### [EXERCISE PROMPT]
Scan the records below, and wherever a line has the word "VoterState", pull it out.

*** Opening EXTRACTED DATA ***

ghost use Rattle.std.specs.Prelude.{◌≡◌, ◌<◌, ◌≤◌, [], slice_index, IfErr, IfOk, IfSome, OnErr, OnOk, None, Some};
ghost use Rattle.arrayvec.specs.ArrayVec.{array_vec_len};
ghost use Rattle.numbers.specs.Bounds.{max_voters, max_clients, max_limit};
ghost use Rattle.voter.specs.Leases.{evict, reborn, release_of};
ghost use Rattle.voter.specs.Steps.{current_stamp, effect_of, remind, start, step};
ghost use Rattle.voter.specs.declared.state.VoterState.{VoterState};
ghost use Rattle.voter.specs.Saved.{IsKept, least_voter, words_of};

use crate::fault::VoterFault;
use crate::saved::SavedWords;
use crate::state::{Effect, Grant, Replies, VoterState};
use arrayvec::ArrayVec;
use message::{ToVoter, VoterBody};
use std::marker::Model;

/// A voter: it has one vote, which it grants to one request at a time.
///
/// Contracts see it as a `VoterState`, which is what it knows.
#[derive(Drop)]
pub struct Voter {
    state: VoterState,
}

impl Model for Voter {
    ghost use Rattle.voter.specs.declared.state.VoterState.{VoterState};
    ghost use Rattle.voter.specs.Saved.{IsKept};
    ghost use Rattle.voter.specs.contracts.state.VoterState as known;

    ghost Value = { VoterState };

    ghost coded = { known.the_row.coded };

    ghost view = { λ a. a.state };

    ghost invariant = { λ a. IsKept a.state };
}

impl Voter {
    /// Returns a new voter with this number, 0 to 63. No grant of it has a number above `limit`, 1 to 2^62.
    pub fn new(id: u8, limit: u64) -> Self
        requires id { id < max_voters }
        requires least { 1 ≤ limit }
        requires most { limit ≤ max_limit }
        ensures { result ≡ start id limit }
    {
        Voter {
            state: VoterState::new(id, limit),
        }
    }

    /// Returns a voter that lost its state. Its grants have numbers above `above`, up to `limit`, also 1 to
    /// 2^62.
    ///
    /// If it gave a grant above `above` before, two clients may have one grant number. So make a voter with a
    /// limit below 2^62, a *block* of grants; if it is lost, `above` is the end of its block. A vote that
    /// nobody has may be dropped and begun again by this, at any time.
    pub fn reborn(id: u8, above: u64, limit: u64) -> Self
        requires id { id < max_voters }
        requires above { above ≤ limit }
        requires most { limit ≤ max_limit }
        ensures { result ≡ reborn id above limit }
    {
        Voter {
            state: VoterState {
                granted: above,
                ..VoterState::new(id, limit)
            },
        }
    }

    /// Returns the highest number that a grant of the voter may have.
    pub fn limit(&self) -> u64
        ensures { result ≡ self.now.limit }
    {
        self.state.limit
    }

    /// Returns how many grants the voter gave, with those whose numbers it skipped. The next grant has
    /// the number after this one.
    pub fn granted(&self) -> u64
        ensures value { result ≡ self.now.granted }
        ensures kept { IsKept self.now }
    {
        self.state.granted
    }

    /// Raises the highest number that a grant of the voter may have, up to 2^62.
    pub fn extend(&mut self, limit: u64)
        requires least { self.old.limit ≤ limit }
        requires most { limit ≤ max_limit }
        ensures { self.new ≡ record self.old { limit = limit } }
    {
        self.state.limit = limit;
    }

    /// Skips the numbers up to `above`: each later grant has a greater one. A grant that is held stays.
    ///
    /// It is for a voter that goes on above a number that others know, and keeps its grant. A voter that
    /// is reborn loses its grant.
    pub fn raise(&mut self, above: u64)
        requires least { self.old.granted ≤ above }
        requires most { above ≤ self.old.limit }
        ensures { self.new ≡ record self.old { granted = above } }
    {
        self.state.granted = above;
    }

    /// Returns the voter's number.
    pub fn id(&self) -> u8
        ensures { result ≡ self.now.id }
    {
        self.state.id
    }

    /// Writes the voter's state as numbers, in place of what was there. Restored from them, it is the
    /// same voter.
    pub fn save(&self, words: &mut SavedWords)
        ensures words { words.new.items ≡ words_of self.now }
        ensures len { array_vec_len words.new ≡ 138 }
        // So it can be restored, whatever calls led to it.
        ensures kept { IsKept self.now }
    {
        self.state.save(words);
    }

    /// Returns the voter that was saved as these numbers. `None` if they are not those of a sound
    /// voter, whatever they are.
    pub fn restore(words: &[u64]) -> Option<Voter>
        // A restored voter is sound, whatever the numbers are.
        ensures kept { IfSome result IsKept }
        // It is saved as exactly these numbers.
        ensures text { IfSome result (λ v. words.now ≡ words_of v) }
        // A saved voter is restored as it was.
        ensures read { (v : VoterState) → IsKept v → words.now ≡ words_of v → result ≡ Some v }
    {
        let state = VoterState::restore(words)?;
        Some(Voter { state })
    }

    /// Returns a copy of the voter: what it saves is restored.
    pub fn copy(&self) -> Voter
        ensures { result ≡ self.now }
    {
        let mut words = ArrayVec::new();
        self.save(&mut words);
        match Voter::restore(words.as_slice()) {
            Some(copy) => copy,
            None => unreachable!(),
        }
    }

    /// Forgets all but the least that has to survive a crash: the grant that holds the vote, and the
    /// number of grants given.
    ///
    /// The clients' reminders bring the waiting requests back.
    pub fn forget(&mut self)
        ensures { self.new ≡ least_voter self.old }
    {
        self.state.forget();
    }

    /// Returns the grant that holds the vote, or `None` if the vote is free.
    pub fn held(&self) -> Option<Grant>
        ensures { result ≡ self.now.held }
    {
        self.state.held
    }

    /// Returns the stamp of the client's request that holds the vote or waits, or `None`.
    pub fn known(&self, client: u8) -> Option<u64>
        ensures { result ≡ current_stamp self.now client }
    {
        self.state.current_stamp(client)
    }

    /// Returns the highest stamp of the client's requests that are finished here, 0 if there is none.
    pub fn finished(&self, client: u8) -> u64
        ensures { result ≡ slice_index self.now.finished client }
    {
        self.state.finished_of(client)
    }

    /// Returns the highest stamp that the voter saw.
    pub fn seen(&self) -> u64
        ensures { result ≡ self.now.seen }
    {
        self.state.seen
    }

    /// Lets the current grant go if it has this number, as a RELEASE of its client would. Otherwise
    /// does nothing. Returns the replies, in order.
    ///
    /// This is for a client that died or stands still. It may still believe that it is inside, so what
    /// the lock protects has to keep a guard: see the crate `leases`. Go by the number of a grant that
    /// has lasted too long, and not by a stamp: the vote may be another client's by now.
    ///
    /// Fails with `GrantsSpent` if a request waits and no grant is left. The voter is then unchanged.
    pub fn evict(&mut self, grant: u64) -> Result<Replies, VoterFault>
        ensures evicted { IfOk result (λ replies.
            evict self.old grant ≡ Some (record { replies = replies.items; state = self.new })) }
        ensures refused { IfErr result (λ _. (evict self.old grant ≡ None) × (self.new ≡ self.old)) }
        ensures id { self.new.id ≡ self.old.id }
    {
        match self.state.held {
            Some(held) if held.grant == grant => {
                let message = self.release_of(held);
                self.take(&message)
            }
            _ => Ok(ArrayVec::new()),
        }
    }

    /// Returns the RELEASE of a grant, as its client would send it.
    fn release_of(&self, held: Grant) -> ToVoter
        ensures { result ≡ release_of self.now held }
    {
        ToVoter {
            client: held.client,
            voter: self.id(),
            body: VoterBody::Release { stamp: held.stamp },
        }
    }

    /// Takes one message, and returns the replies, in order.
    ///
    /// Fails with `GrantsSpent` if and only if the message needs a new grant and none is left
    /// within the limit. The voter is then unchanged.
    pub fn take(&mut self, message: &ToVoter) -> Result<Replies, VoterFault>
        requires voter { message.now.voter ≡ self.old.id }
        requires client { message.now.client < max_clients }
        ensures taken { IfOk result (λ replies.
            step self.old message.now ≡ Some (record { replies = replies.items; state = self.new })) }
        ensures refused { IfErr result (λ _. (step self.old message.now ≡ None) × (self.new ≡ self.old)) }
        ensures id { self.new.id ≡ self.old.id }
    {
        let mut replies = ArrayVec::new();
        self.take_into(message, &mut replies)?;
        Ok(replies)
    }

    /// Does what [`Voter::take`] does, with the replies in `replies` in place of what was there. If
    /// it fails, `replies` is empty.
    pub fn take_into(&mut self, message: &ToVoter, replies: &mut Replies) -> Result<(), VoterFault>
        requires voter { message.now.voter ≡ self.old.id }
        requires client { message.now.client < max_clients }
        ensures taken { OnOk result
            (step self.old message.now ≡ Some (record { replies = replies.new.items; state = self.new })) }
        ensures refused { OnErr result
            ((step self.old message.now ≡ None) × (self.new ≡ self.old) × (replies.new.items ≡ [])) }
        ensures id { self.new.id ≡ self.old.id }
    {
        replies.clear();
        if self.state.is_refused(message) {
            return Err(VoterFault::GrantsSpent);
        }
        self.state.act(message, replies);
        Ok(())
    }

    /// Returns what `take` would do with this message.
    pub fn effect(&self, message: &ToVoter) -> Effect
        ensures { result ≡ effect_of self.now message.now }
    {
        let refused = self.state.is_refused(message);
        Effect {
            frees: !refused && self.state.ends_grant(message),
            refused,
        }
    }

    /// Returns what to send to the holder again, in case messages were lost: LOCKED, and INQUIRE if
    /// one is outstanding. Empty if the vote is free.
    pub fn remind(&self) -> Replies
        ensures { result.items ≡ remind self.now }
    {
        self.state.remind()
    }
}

*** Closing EXTRACTED DATA ***

### [EXERCISE RESPONSE]
ghost use Rattle.voter.specs.declared.state.VoterState.{VoterState};
use crate::state::{Effect, Grant, Replies, VoterState};
/// Contracts see it as a `VoterState`, which is what it knows.
    state: VoterState,
    ghost use Rattle.voter.specs.declared.state.VoterState.{VoterState};
    ghost use Rattle.voter.specs.contracts.state.VoterState as known;
    ghost Value = { VoterState };
            state: VoterState::new(id, limit),
            state: VoterState {
                ..VoterState::new(id, limit)
        ensures read { (v : VoterState) → IsKept v → words.now ≡ words_of v → result ≡ Some v }
        let state = VoterState::restore(words)?;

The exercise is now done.